In resource-deprived refugee camps during the outbreak of pandemic, social-distancing, isolation and treatment of patients, social stigmatizations, maintaining frequent washing hands and basic hygiene is a challenge. It’s an arduous task endorsed by WHO for increasing COVID-19 protection. The WASH Sector has installed 2600 handwashing locations in the communities and at the household level (Table 1). All refugees were supplied with soaps and stocked for up to 6 weeks. As the end of the dry season created severe water scarcity in the Teknaf area, WASH sector stored clean water for up to 1–6 weeks to supply in a truck if needed. Besides, approximately 1500 hygiene promoters worked to send key hygiene messages on COVID-19 to 35,000 households per week [2]. Moreover, the confines of WASH facilities may triggering the overall health conditions of the Rohingya refugees, specially, waterborne and infectious diseases.

Table 1 Environmental management and WASH scenario in the Rohingya Refugee camps in March (UNHCR, 2020)

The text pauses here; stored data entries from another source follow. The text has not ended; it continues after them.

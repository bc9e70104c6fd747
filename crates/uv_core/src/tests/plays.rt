//! What actors do to a core in turn, each where it may, and what it comes to.

ghost use Rattle.uv_graph.specs.Conditions.{IsClient};

use super::are::{
    are_over, comes_planted, has_pulled, is_client, is_closer, may_finish, may_release, may_step,
    may_sweep, touched,
};
use crate::{Core, Progress, Swept, Torn, Used};
use std::alloc::{AllocError, Global};
use uv_machine::{Answer, Entry, Readers, Word};
use uv_num::{DEVICES, DRIVER, Errno, FILES, Kind, List, Request};
use uv_pool::Pool;
use uv_pool::plain::{PlainDeed, full_pools};

/// What an actor does.
#[derive(Clone, Copy, Debug, PartialEq)]
pub enum Turn {
    Open {
        client: u32,
        file: u32,
        device: u32,
    },
    Enter {
        client: u32,
        file: u32,
        request: Request,
    },
    Refuse {
        client: u32,
        file: u32,
        request: Request,
    },
    /// The client's call makes its next step, with what its deed is handed out for.
    Step {
        client: u32,
    },
    /// The client makes a whole call.
    Call {
        client: u32,
        file: u32,
        request: Request,
    },
    Unplug {
        device: u32,
    },
    Close {
        by: u32,
        file: u32,
    },
    Tear {
        device: u32,
        file: u32,
    },
    /// The actor makes the next turn of a teardown, and releases what it kills.
    Sweep {
        by: u32,
        file: u32,
    },
    Use {
        object: u32,
        place: u32,
    },
    Device {
        file: u32,
    },
    Spare {
        client: u32,
    },
}

/// What that comes to.
#[derive(Clone, Copy, Debug, PartialEq)]
pub enum Saw {
    Done,
    Refused(Errno),
    Went(Word),
    Stopped(Word, Errno),
    Planted(u32, Kind),
    Acted(Kind, u32, u32, Answer),
    Retired(u32, Kind),
    Ended(Answer),
    Torn(Torn),
    Killed {
        object: u32,
        kind: Kind,
        handle: u32,
    },
    NotYet(u32),
    Used(Option<Used>),
    Device(Option<u32>),
    Spare(u32),
    /// The actor may not do it now.
    Barred,
}

/// What all deeds keep of their objects here.
const KEPT: u64 = 3;

pub fn new_core(alloc: Global) -> Result<Core<PlainDeed>, AllocError> {
    Core::new(alloc, full_pools(alloc)?)
}

fn told(done: Result<(), Errno>) -> Saw {
    match done {
        Ok(()) => Saw::Done,
        Err(errno) => Saw::Refused(errno),
    }
}

fn opens(core: &mut Core<PlainDeed>, alloc: Global, client: u32, file: u32, device: u32) -> Saw {
    if !is_client(client) || file as usize >= FILES || device as usize >= DEVICES {
        return Saw::Barred;
    }
    told(core.open(alloc, client, file, device))
}

fn enters(
    core: &mut Core<PlainDeed>,
    alloc: Global,
    client: u32,
    file: u32,
    request: Request,
) -> Saw {
    if !is_client(client) || file as usize >= FILES || core.graph.call_of(client).is_some() {
        return Saw::Barred;
    }
    told(core.enter(alloc, client, file, &request))
}

fn refuses(core: &mut Core<PlainDeed>, client: u32, file: u32, request: Request) -> Saw {
    if !is_client(client) || file as usize >= FILES || core.graph.call_of(client).is_some() {
        return Saw::Barred;
    }
    if core.spare(client) == 0 {
        return Saw::Barred;
    }
    Saw::Refused(core.refuse(client, file, &request))
}

/// Plants the deed that a step handed out, and gives it back.
fn plants(
    core: &mut Core<PlainDeed>,
    client: u32,
    deed: PlainDeed,
    object: u32,
    kind: Kind,
) -> Saw {
    let mut deed = deed;
    if let Some(out) = core.graph.out_of(client) {
        if deed.plant(out.identity).is_err() {
            return Saw::Barred;
        }
    }
    if !comes_planted(core, client, &deed) {
        return Saw::Barred;
    }
    core.planted(client, deed);
    Saw::Planted(object, kind)
}

/// Buries the deed that a step handed out, and gives it back.
fn retires(core: &mut Core<PlainDeed>, client: u32, deed: PlainDeed, object: u32, kind: Kind) -> Saw
    requires { IsClient client }
{
    let mut deed = deed;
    deed.bury();
    if !may_finish(core, client, &deed) {
        return Saw::Barred;
    }
    core.finish(client, deed, KEPT);
    Saw::Retired(object, kind)
}

fn acts(core: &mut Core<PlainDeed>, client: u32, kind: Kind, index: u32, generation: u32) -> Saw
    requires { IsClient client }
{
    match touched(core, client) {
        None => Saw::Barred,
        Some(found) => Saw::Acted(kind, index, generation, core.act(client, found)),
    }
}

fn steps(core: &mut Core<PlainDeed>, client: u32) -> Saw {
    if !is_client(client) || !may_step(core, client) {
        return Saw::Barred;
    }
    match core.step(client) {
        Progress::Went(word) => Saw::Went(word),
        Progress::Refused(word, errno) => Saw::Stopped(word, errno),
        Progress::Plant { deed, object, kind } => plants(core, client, deed, object, kind),
        Progress::Touch {
            kind,
            index,
            generation,
        } => acts(core, client, kind, index, generation),
        Progress::Retire { deed, object, kind } => retires(core, client, deed, object, kind),
        Progress::Ended(answer) => Saw::Ended(answer),
    }
}

fn is_last(saw: Saw) -> bool {
    matches!(saw, Saw::Ended(_) | Saw::Barred)
}

/// A whole call: what its exit answers, or its enter where that is refused.
fn calls(
    core: &mut Core<PlainDeed>,
    alloc: Global,
    client: u32,
    file: u32,
    request: Request,
) -> Saw {
    let entered = enters(core, alloc, client, file, request);
    if entered != Saw::Done {
        return entered;
    }
    for _turn in 0..16 {
        let saw = steps(core, client);
        if is_last(saw) {
            return saw;
        }
    }
    Saw::Barred
}

fn closes(core: &mut Core<PlainDeed>, by: u32, file: u32) -> Saw {
    if !is_closer(by) || file as usize >= FILES || core.graph.torn_by(by).is_some() {
        return Saw::Barred;
    }
    Saw::Torn(core.close(by, file))
}

fn unplugs(core: &mut Core<PlainDeed>, device: u32) -> Saw {
    if device as usize >= DEVICES {
        return Saw::Barred;
    }
    told(core.unplug(device))
}

fn tears(core: &mut Core<PlainDeed>, device: u32, file: u32) -> Saw {
    if device as usize >= DEVICES || file as usize >= FILES {
        return Saw::Barred;
    }
    if !has_pulled(core, device) || core.graph.torn_by(DRIVER).is_some() {
        return Saw::Barred;
    }
    Saw::Torn(core.tear(device, file))
}

/// Buries the deed that a sweep handed out, and gives it back.
fn releases(core: &mut Core<PlainDeed>, by: u32, file: u32, deed: PlainDeed) -> bool {
    let mut deed = deed;
    deed.bury();
    if !may_release(core, by, file, &deed) {
        return false;
    }
    core.gone(by, file, deed, KEPT);
    true
}

fn sweeps(core: &mut Core<PlainDeed>, by: u32, file: u32) -> Saw {
    if !may_sweep(core, by, file) {
        return Saw::Barred;
    }
    match core.sweep(by, file) {
        Swept::Done => Saw::Done,
        Swept::NotYet(calls) => Saw::NotYet(calls),
        Swept::Kill {
            deed,
            object,
            kind,
            handle,
        } => {
            if releases(core, by, file, deed) {
                Saw::Killed {
                    object,
                    kind,
                    handle,
                }
            } else {
                Saw::Barred
            }
        }
    }
}

/// An actor does this.
pub fn does(core: &mut Core<PlainDeed>, alloc: Global, turn: Turn) -> Saw {
    match turn {
        Turn::Open {
            client,
            file,
            device,
        } => opens(core, alloc, client, file, device),
        Turn::Enter {
            client,
            file,
            request,
        } => enters(core, alloc, client, file, request),
        Turn::Refuse {
            client,
            file,
            request,
        } => refuses(core, client, file, request),
        Turn::Step { client } => steps(core, client),
        Turn::Call {
            client,
            file,
            request,
        } => calls(core, alloc, client, file, request),
        Turn::Unplug { device } => unplugs(core, device),
        Turn::Close { by, file } => closes(core, by, file),
        Turn::Tear { device, file } => tears(core, device, file),
        Turn::Sweep { by, file } => sweeps(core, by, file),
        Turn::Use { object, place } => Saw::Used(core.used(object, place)),
        Turn::Device { file } => Saw::Device(core.device(file)),
        Turn::Spare { client } => Saw::Spare(core.spare(client)),
    }
}

/// The first turn that comes to something else than it says, with what it comes to.
pub fn first_odd(
    core: &mut Core<PlainDeed>,
    alloc: Global,
    turns: &[(Turn, Saw)],
) -> Option<(Turn, Saw)> {
    for turn in turns {
        let saw = does(core, alloc, turn.0);
        if saw != turn.1 {
            return Some((turn.0, saw));
        }
    }
    None
}

/// The history and the pools, where all files are over.
pub fn ends(core: Core<PlainDeed>) -> Option<(List<Entry>, List<Pool<PlainDeed>>)> {
    if are_over(&core) {
        Some(core.history())
    } else {
        None
    }
}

In the sampling camps where cleaner fuel liquid petroleum gas (LPG) use was less, fuelwood, kerosene cooking stoves and biomass burning increased the PM pollution. PM2.5 in the sampling camps varied from 44 μg/m3 to 546 μg/m3, whereas PM10 in the sampling camps varied from 125 μg/m3 to 1122 μg/m3, which was extremely higher than the guideline values (Fig. 1). Rohingya refugees, therefore, suffer from poor air quality as there is no separated kitchen area from the living space and inexistence of ventilation. Furthermore, the previous study confirmed that higher air pollution was related to patients with SARS death twice times likely [7]. People living with poor air quality may be more susceptible to COVID-19 [8]. Airborne PM2.5 & PM10 may put further risk of bioaerosols and airborne transmission of the COVID-19 virus. The overpopulated camps with the challenging physical, environmental and psychological conditions, social distancing is a hard job. The formation of isolation units and treatment services remains urgent precedence in and around the camps in Ukhiya and Teknaf. 329 isolation beds for the potential COVID-19 patients with 636 general beds for other health issues are prepared to address any outbreak responses [9]. In addition, there are no ventilators in the entire Cox’s Bazar district. This also means that there are no ventilators for the refugees and the lives will be lost when COVID-19 starts to spread widely in the community.

Fig. 1
figure 1

Measurement of particulate matter PM2.5 (a) and PM10 (b) collected from the kitchen and outside the house over a 4 h interval from 7 to 11 am cooking period from Rohingya camps 7, 9 and 13 from Ukhia, Cox’s Bazar District (c). The people who use LPG have significantly lower PM concentrations than the households using biomass fuel or kerosene. (d) Number of COVID-19 patients by districts in Bangladesh which include 5 patients detected in Cox’s Bazar District

Conclusion

Population density and social distancing is the key to combat COVID-19 pandemic. With the previous health conditions like HIV, STDs and other existing health conditions such as malnutrition, insufficient space accommodation, inadequate WASH resources in the refugee camps will widely and faster transmit the COVID-19 pandemic. The existing PM pollution may intensify the outbreak of COVID-19 pandemic in the camps, which will very likely diminish the entrée to the basic healthcare needs continuously being confronted with international and political interventions and tenacious disruption of the poor healthcare systems of Bangladesh. In this regard, the aid agencies have focused on supplying WASH kits and WASH training to the refugee children and adults which will likely to be effective. Moreover, the aid agencies and the GOB should focus on fast, easy and effective low-cost ventilators development using local resources as well as focus on the air pollution and nutritional management of the refugees to overcome the pandemic.